Let’s say the case settles for $15,000. In Colorado, the personal injury lawyer will normally work for you on a 1/3 contingency. This means that if an attorney recovers settlement money for you, then the attorney’s fee is 1/3 of the total gross settlement. If I do not recover any money for you, then you owe me nothing. In this example, the settlement would resolve as follows:
$15,000 Gross Settlement from State Farm
– $5,000 1/3 attorney’s fee, equals
From the $10,000, the attorney will have to pay any and all of your medical bills and liens. If your health insurance company pays any of your medical bills, then they will have a lien on your case for what they paid. If Medicare or Medicaid paid out anything from your accident, then they will have a lien on your money. If Tri-Care, the military insurance pays anything out on your case, then they will have a lien. So, it is important to remember that all medical bills and liens will be paid out of the recovery.
In the example above, let’s assume that you owe a chiropractor money and that you owe your health insurance company as they paid your ER bill. Thus, the final settlement would look like this:
$15,000 Gross Settlement from State Farm
-$5,000 1/3 attorney’s fee
-$2,000 owed to chiropractor or physical therapist
-$1,000 owed to Anthem health insurance co.
$7,000 net recovery to You, the client
So, in the above example, after everyone is paid, including the liens, attorneys fee and medical bills, you would get $7,000 in your pocket. This is just an example and will vary substantially depending on the facts and amount of your medical bills. Some people also carry medical payments coverage on their car insurance. Normally in an amount of $5,000, although it is not required to be carried in Colorado. This $5,000 will go towards paying your medical bills and does not have to be paid back out of your settlement! So, when your own car insurance company pays some of your medical bills, that is like a gift to you and puts more settlement money in your pocket. Always use your med pay coverage if you have it! It can save you money and you do pay a monthly premium to your car insurance company for this benefit, so use it-without question! This will not make your car insurance rates go up as it is coverage that you paid for and you were not at fault for the accident.

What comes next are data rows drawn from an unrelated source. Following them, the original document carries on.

//! The certificate of an exact answer.

ghost use Rattle.std.specs.Prelude.{◌≡◌, ◌≤◌, length, option_map, Some, None as Nothing, IfOk, IsTrue};
ghost use Rattle.td_search.specs.Problems.{problem_by};
ghost use Rattle.td_certificate.specs.Lengths.{AreFew, CanTell};
ghost use Rattle.td_certificate.specs.Spelling.{AreOutputs};
ghost use Rattle.td_answer.specs.Certificates.{tells_terms, terms_in, certificate_in, CanBeTold};

use std::alloc::{AllocError, Global};
use td_certificate::{Certificate, Question, Terms, Tree};
use td_circuit::Circuit;
use td_gates::{Delay, Level};
use td_search::{Answer, Strategy, certificate_of};

/// How a netlist was read: the delay of gates that state none, and the numbers of the outputs that
/// are asked about, where some are.
#[derive(Drop)]
pub struct Read {
    pub default: Delay,
    pub outputs: Option<Vec<u64>>,
}

/// Whether a certificate tells how the netlist is read.
fn tells_terms(strategy: Strategy, some: bool, tree: &Tree) -> bool
    ensures { result ≡ tells_terms strategy some tree.now }
{
    match strategy {
        Strategy::Lead => true,
        Strategy::Least => some || tree.has_edges() || tree.has_refuted(),
    }
}

/// Whether numbers are few, at least one, and small enough for a text.
fn are_fit(numbers: &[u64]) -> bool
    ensures { IsTrue result → AreOutputs (Some numbers.now) × AreFew (Some numbers.now) }
{
    !numbers.is_empty()
        && numbers.len() <= 10_000
        && numbers
            .iter()
            .all(|number| *number <= 1_000_000_000_000_000_000)
}

/// The numbers of the outputs that are asked about: none where all are. The error is out of memory.
pub(crate) fn outputs_of(outputs: Option<Vec<u64>>) -> Result<Option<Vec<u64>>, AllocError>
    ensures is { IfOk result (λ found. found ≡ outputs) }
    ensures few { IfOk result (λ found. AreOutputs (option_map (λ numbers. numbers.items) found) × AreFew (option_map (λ numbers. numbers.items) found)) }
{
    match outputs {
        None => Ok(None),
        Some(numbers) => {
            if are_fit(&numbers) {
                Ok(Some(numbers))
            } else {
                Err(AllocError)
            }
        }
    }
}

/// The terms of the certificate of this tree, where it tells any. The error is out of memory.
fn terms_of(
    alloc: Global,
    strategy: Strategy,
    read: Read,
    tree: &Tree,
) -> Result<Option<Terms>, AllocError>
    ensures terms { IfOk result (λ terms. terms ≡ terms_in strategy read tree.now) }
    ensures told { IfOk result (λ terms. CanTell tree.now terms) }
{
    let Read { default, outputs } = read;
    if !tells_terms(strategy, outputs.is_some(), tree) {
        return Ok(None);
    }
    // For the prover: this call says that the delays are in range.
    let _steps = default.to(Level::X);
    let outputs = outputs_of(outputs)?;
    Ok(Some(Terms {
        rise: default.rise,
        fall: default.fall,
        outputs,
        keep: Vec::new(alloc),
    }))
}

/// A question with these terms, where there are any.
fn told(question: Question, terms: Option<Terms>) -> Question
    requires { question.terms ≡ Nothing }
    ensures { result ≡ record question { terms = terms } }
{
    match terms {
        None => question,
        Some(terms) => question.with_terms(terms),
    }
}

/// The certificate of an exact answer. At no more inputs than there are may bits differ, and the
/// moments are the circuit's. The error is out of memory.
pub(crate) fn certificate(
    alloc: Global,
    circuit: &Circuit,
    question: Question,
    read: Read,
    strategy: Strategy,
    answer: Answer,
) -> Result<Option<Certificate>, AllocError>
    requires flips { question.admit.flips ≤ length question.admit.held }
    requires moments { question.moments ≡ circuit.now.moments }
    requires untold { question.terms ≡ Nothing }
    ensures certified { IfOk result (λ certificate. certificate ≡ certificate_in read (problem_by strategy circuit.now question.admit) answer) }
    ensures told { IfOk result (λ certificate. CanBeTold read strategy answer) }
{
    match answer {
        Answer::Exact { time, pair, tree } => {
            let terms = terms_of(alloc, strategy, read, &tree)?;
            let question = told(question, terms);
            Ok(Some(certificate_of(circuit, question, time, pair, tree)))
        }
        Answer::Between { .. } => Ok(None),
    }
}
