//! Questions with the text of their file of conditions.

ghost use Rattle.std.specs.Prelude.{◌≡◌};
ghost use Rattle.td_answer.specs.Filled.{filled_parts, filled_search, with_text};

use td_request::{Parts, Question, Search};

/// A question with the text of its file of conditions.
pub(crate) fn with_text<'w>(question: &Question<'w>, text: Option<&'w [u8]>) -> Question<'w>
    ensures { result ≡ with_text text.entry question.now }
{
    Question {
        inputs: question.inputs,
        flips: question.flips,
        keep_file: question.keep_file,
        keep_text: text,
    }
}

/// A search whose question has the text of its file of conditions.
pub(crate) fn filled_search<'w>(search: &Search<'w>, text: Option<&'w [u8]>) -> Search<'w>
    ensures { result ≡ filled_search text.entry search.now }
{
    Search {
        question: with_text(&search.question, text),
        ..*search
    }
}

/// Parts of a question that has the text of its file of conditions.
pub(crate) fn filled_parts<'w>(asked: &Parts<'w>, text: Option<&'w [u8]>) -> Parts<'w>
    ensures { result ≡ filled_parts text.entry asked.now }
{
    Parts {
        question: with_text(&asked.question, text),
        ..*asked
    }
}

Your attorney or myself is required to put the $15,000 settlement money in his or her attorney Trust Account. This is required by Colorado law so that the attorney can protect any liens and protect the medical bills. The attorney will write checks from this Trust Account to pay your medical bills, liens, himself and you. It usually takes 5-7 days for the insurance company check to clear and then the attorney can write all the checks to you and the other parties, depending on if any liens or medical bills are owed by you.
The attorney is also required to have you sign a Closing Statement which shows the receipt of the settlement money from the insurance company and who is paid what.